Spokesperson of the Government of Afghanistan
- In office 9 October 2011 – 29 September 2014
- President: Hamid Karzai
- Preceded by: Wahid Omar
- Succeeded by: Sayed Zafar Hashemi

Personal details
- Born: 1979-1980 Kandahar Province, Afghanistan
- Party: Independent
- Alma mater: Bordeaux Montaigne University

= Aimal Faizi =

Afghan journalist and columnist

Aimal Faizi (Persian: ایمل فیضی) is an Afghan journalist and columnist, who served as the spokesperson of Afghanistan's President Hamid Karzai from 2011 to 2014. He was also the director of communications to the government.

==Biography==
Faizi was born in Kandahar Province. He studied French at the Afghan-Franco school in Kabul, but fled the civil war in 1994. He went on to study journalism at the Bordeaux Montaigne University in France.
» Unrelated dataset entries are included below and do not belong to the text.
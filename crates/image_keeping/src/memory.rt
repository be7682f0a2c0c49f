//! A folder in memory, of which one call fails.
ghost use Rattle.std.specs.Prelude.{◌≡◌, ◌&&◌, ◌==◌, [], ◌∷◌, ◌++◌, IfOk, None, OnErr, OnOk, Some, map, true, if◌then◌else◌};
ghost use Rattle.image_keeping.specs.Leaving.{Adds, AddsNothing, LeavesAll};
ghost use Rattle.image_keeping.specs.Memory.{beside_of, calls_after, named_of, outcomes_of};

use crate::folder::{Folder, FolderError};
use std::alloc::{AllocError, Global};

/// A folder in memory. It has each outcome of a crash as data.
pub struct MemoryFolder {
    alloc: Global,
    /// The file that has the path's name.
    named: Vec<u8>,
    named_lasts: bool,
    /// Those that the path may have all the same after a crash, since the folder wasn't synced
    /// after them, and whether each of them was synced.
    earlier: Vec<Vec<u8>>,
    earlier_last: bool,
    /// The file beside the path.
    beside: Vec<u8>,
    beside_lasts: bool,
    is_locked: bool,
    is_usable: bool,
    /// How many calls there will be before one fails, and how.
    calls: u64,
    error: FolderError,
}

// Written by hand, so that an owner lets it go by one call.
impl Drop for MemoryFolder {
    fn drop(self) {
        let MemoryFolder {
            alloc: _,
            named: _,
            named_lasts: _,
            earlier: _,
            earlier_last: _,
            beside: _,
            beside_lasts: _,
            is_locked: _,
            is_usable: _,
            calls: _,
            error: _,
        } = self;
    }
}

impl MemoryFolder {
    /// A folder whose path has these bytes, which last. The call after this number of others fails
    /// in this way.
    pub fn new(
        alloc: Global,
        image: &[u8],
        calls: u64,
        error: FolderError,
    ) -> Result<Self, AllocError>
        ensures usable { IfOk result (λ f. f.is_usable ≡ true) }
        ensures named { IfOk result (λ f. (f.named_lasts ≡ true) × (f.named.items ≡ image.now)) }
        ensures earlier { IfOk result (λ f. (f.earlier_last ≡ true) × (f.earlier.items ≡ [])) }
        ensures fault { IfOk result (λ f. (f.calls ≡ calls) × (f.error ≡ error)) }
    {
        let named = copy_of(alloc, image)?;
        Ok(MemoryFolder {
            alloc,
            named,
            named_lasts: true,
            earlier: Vec::new(alloc),
            earlier_last: true,
            beside: Vec::new(alloc),
            beside_lasts: false,
            is_locked: false,
            is_usable: true,
            calls,
            error,
        })
    }

    /// What the path has.
    pub fn named(&self) -> &[u8]
        ensures { result.now ≡ self.now.named.items }
    {
        self.named.as_slice()
    }

    /// What the path may have in place of that after a crash.
    pub fn earlier(&self) -> &[Vec<u8>]
        ensures { result.now ≡ self.now.earlier.items }
    {
        self.earlier.as_slice()
    }

    /// Gives the file beside the path its name.
    fn take_name(&mut self) -> Result<(), AllocError>
        ensures named { OnOk result (AddsNothing (beside_of self.old) (named_of self.new)) }
        ensures there { OnOk result (LeavesAll (beside_of self.old) (named_of self.new)) }
        ensures crash { Adds (beside_of self.old) (outcomes_of self.old) (outcomes_of self.new) }
        ensures none { OnErr result (AddsNothing (outcomes_of self.old) (outcomes_of self.new)) }
        ensures usable { self.new.is_usable ≡ self.old.is_usable }
    {
        let named = copy_of(self.alloc, self.beside.as_slice())?;
        let before = copy_of(self.alloc, self.named.as_slice())?;
        push_file(&mut self.earlier, before)?;
        self.earlier_last = both(self.earlier_last, self.named_lasts);
        self.named = named;
        self.named_lasts = self.beside_lasts;
        Ok(())
    }

    /// Why this call fails, if it does. No other does after it.
    fn refusal(&mut self) -> Option<FolderError>
        ensures fault { result ≡ (if self.old.calls == 0 then Some self.old.error else None) }
        ensures calls { self.new ≡ record self.old { calls = calls_after self.old.calls } }
    {
        if self.calls == 0 {
            self.calls = u64::MAX;
            return Some(self.error);
        }
        self.calls -= 1;
        None
    }
}

/// A copy of these bytes.
fn copy_of(alloc: Global, bytes: &[u8]) -> Result<Vec<u8>, AllocError>
    ensures { IfOk result (λ copy. copy.items ≡ bytes.now) }
{
    let mut copy = Vec::new(alloc);
    copy.extend_from_slice(bytes)?;
    Ok(copy)
}

/// Adds a file at the end.
fn push_file(files: &mut Vec<Vec<u8>>, file: Vec<u8>) -> Result<(), AllocError>
    ensures ok { OnOk result (map (λ v. v.items) files.new.items
        ≡ map (λ v. v.items) files.old.items ++ file.items ∷ []) }
    ensures err { OnErr result (files.new.items ≡ files.old.items) }
{
    files.push(file)?;
    Ok(())
}

fn both(one: bool, other: bool) -> bool
    ensures { result ≡ (one && other) }
{
    one && other
}

impl Folder for MemoryFolder {
    ghost use Rattle.image_keeping.specs.Memory.{beside_of, named_of, outcomes_of};

    ghost is_known = { true };

    ghost may_leave = { outcomes_of };

    ghost named = { named_of };

    ghost beside = { beside_of };

    ghost written = { λ f bytes. f.beside.items ≡ bytes };

    ghost is_locked = { λ f. f.is_locked };

    ghost is_usable = { λ f. f.is_usable };

    fn write_beside(&mut self, bytes: &[u8]) -> Result<(), FolderError> {
        if let Some(error) = self.refusal() {
            return Err(error);
        }
        let Ok(beside) = copy_of(self.alloc, bytes) else {
            return Err(FolderError::NoRoom);
        };
        self.beside = beside;
        self.beside_lasts = false;
        self.is_locked = false;
        Ok(())
    }

    fn sync_beside(&mut self) -> Result<(), FolderError> {
        if let Some(error) = self.refusal() {
            self.is_usable = false;
            return Err(error);
        }
        self.beside_lasts = true;
        Ok(())
    }

    fn lock_beside(&mut self) -> Result<(), FolderError> {
        if let Some(error) = self.refusal() {
            return Err(error);
        }
        self.is_locked = true;
        Ok(())
    }

    // What failed may have been done all the same.
    fn rename(&mut self) -> Result<(), FolderError> {
        match self.refusal() {
            Some(FolderError::NoRoom) => Err(FolderError::NoRoom),
            Some(FolderError::Failed) => match self.take_name() {
                Ok(()) => Err(FolderError::Failed),
                Err(_) => Err(FolderError::NoRoom),
            },
            None => match self.take_name() {
                Ok(()) => Ok(()),
                Err(_) => Err(FolderError::NoRoom),
            },
        }
    }

    fn sync_folder(&mut self) -> Result<(), FolderError> {
        if let Some(error) = self.refusal() {
            self.is_usable = false;
            return Err(error);
        }
        self.earlier.clear();
        self.earlier_last = true;
        Ok(())
    }
}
Back in Afghanistan he worked at the state-run news agency Bakhtar and Radio Television Afghanistan (RTA), before being appointed as the president's spokesman after the resignation of Wahid Omar.

He held his post until the end of Karzai's government in September 2014, succeeded by Sayed Zafar Hashemi. Faizi continues to be Karzai's aide ever since. In 2015 he started writing articles for Al Jazeera English.